Thursday, December 13, 2007

BellKor ensemble for recommendations

The BellKor team won the progress prize in the Netflix recommender contest. They have published a few papers ([1] [2] [3]) on their ensemble approach that won the prize.

The first of those papers is particularly interesting for the quick feel of the do-whatever-it-takes method they used. Their solution consisted of tuning and "blending 107 individual results .... [using] linear regression."

This work is impressive and BellKor deserves kudos for winning the prize, but I have to say that I feel a little queasy reading this paper. It strikes me that this type of ensemble method is difficult to explain, hard to understand why it works, and likely will be subject to overfitting.

I suspect not only will it be difficult to know how to apply the results of this work to different recommendation problems, but also it even may require redoing most of the tuning effort put in so far by the team if we merely swap in a different sample of the Netflix rating data for our training set. That seems unsatisfying to me.

It probably is unsatisfying to Netflix as well. Participants may be overfitting to the strict letter of this contest. Netflix may find that the winning algorithm actually is quite poor at the task at hand -- recommending movies to Netflix customers -- because it is overoptimized to this particular contest data and the particular success metric of this contest.
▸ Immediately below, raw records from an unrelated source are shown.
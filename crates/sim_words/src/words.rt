//! The words of a line, one after the other.
ghost use Rattle.std.specs.Prelude.{◌≡◌, [], ◌∷◌, MatchOption, not, position};
ghost use Rattle.sim_language.specs.Forms.{after_first, after_made};
ghost use Rattle.sim_language.specs.Lines.{is_blank, is_empty, words};

use std::marker::Model;

/// The words that are left of a cut line.
#[derive(Drop)]
pub struct Words<'t> {
    /// The first of them; none where no word is left.
    first: Option<&'t [u8]>,
    /// The part of the line that has the others.
    rest: &'t [u8],
}

impl<'t> Model for Words<'t> {
    ghost use Rattle.std.specs.Prelude.{◌≡◌, List, ℕ, [], None, ◌++◌, option_copied, option_to_list};
    ghost use Rattle.sim_language.specs.Lines.{words};

    ghost Value = { List (List ℕ) };

    ghost view = { λ a. option_to_list (option_copied a.first) ++ words a.rest.now };

    ghost invariant = { λ a. option_copied a.first ≡ None → words a.rest.now ≡ [] };
}

impl<'t> Words<'t> {
    /// The words of a cut line.
    pub fn new(line: &'t [u8]) -> Words<'t>
        ensures { result ≡ words line.now }
    {
        match first_word(line) {
            Some((first, rest)) => Words {
                first: Some(first),
                rest,
            },
            None => Words {
                first: None,
                rest: &[],
            },
        }
    }

    /// The same words once more.
    pub fn again(&self) -> Words<'t>
        ensures { result ≡ self.now }
    {
        Words {
            first: self.first,
            rest: self.rest,
        }
    }

    /// Whether none is left.
    pub fn is_empty(&self) -> bool
        ensures { result ≡ is_empty self.now }
    {
        self.first.is_none()
    }

    /// The first of them.
    pub fn first(&self) -> Option<&'t [u8]>
        ensures { MatchOption result
            (self.now ≡ [])
            (λ word. self.now ≡ word.now ∷ after_first self.now) }
    {
        self.first
    }

    /// The words behind the first.
    pub fn behind_first(&self) -> Words<'t>
        ensures { result ≡ after_first self.now }
    {
        Words::new(self.rest)
    }

    /// The next word.
    pub fn next(&mut self) -> Option<&'t [u8]>
        ensures { MatchOption result
            ((self.old ≡ []) × (self.new ≡ []))
            (λ word. self.old ≡ word.now ∷ self.new) }
    {
        let word = self.first?;
        *self = Words::new(self.rest);
        Some(word)
    }

    /// The words without the second and the third, where there are three.
    pub fn after_made(&self) -> Words<'t>
        ensures { result ≡ after_made self.now }
    {
        match self.first_and_fourth() {
            Some((made, rest)) => Words {
                first: Some(made),
                rest,
            },
            None => self.again(),
        }
    }

    /// The first word, and the part of the line from the fourth on, where there are three.
    fn first_and_fourth(&self) -> Option<(&'t [u8], &'t [u8])>
        ensures { MatchOption result
            (after_made self.now ≡ self.now)
            (λ parts. after_made self.now ≡ parts.0.now ∷ words parts.1.now) }
    {
        let first = self.first?;
        let (_, behind_second) = first_word(self.rest)?;
        let (_, behind_third) = first_word(behind_second)?;
        Some((first, behind_third))
    }
}

/// The first word and what stands behind it, or nothing where there is none.
fn first_word(line: &[u8]) -> Option<(&[u8], &[u8])>
    ensures { MatchOption result
        (words line.now ≡ [])
        (λ parts. words line.now ≡ parts.0.now ∷ words parts.1.now) }
{
    let start = first_of_word(line)?;
    let word = &line[start..];
    match first_blank(word) {
        Some(end) => Some((&word[..end], &word[end + 1..])),
        None => Some((word, &word[word.len()..])),
    }
}

fn first_of_word(line: &[u8]) -> Option<usize>
    ensures { result ≡ position (λ c. not (is_blank c)) line.now }
{
    line.iter().position(|byte| !is_blank(*byte))
}

fn first_blank(line: &[u8]) -> Option<usize>
    ensures { result ≡ position is_blank line.now }
{
    line.iter().position(|byte| is_blank(*byte))
}

fn is_blank(byte: u8) -> bool
    ensures { result ≡ is_blank byte }
{
    byte == b' ' || byte == b'\t'
}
In any case, you have to admire the Bellkor team's tenacity. The papers are worth a read, both for seeing what they did and for their thoughts on all the different techniques they tried.

1 comment:

Anonymous said...

With all respect to the winner, your post raises a related question. The differences in RMSE are small among the top submissions. One wonders whether their rank order would hold up across repeated test sets from the same distribution.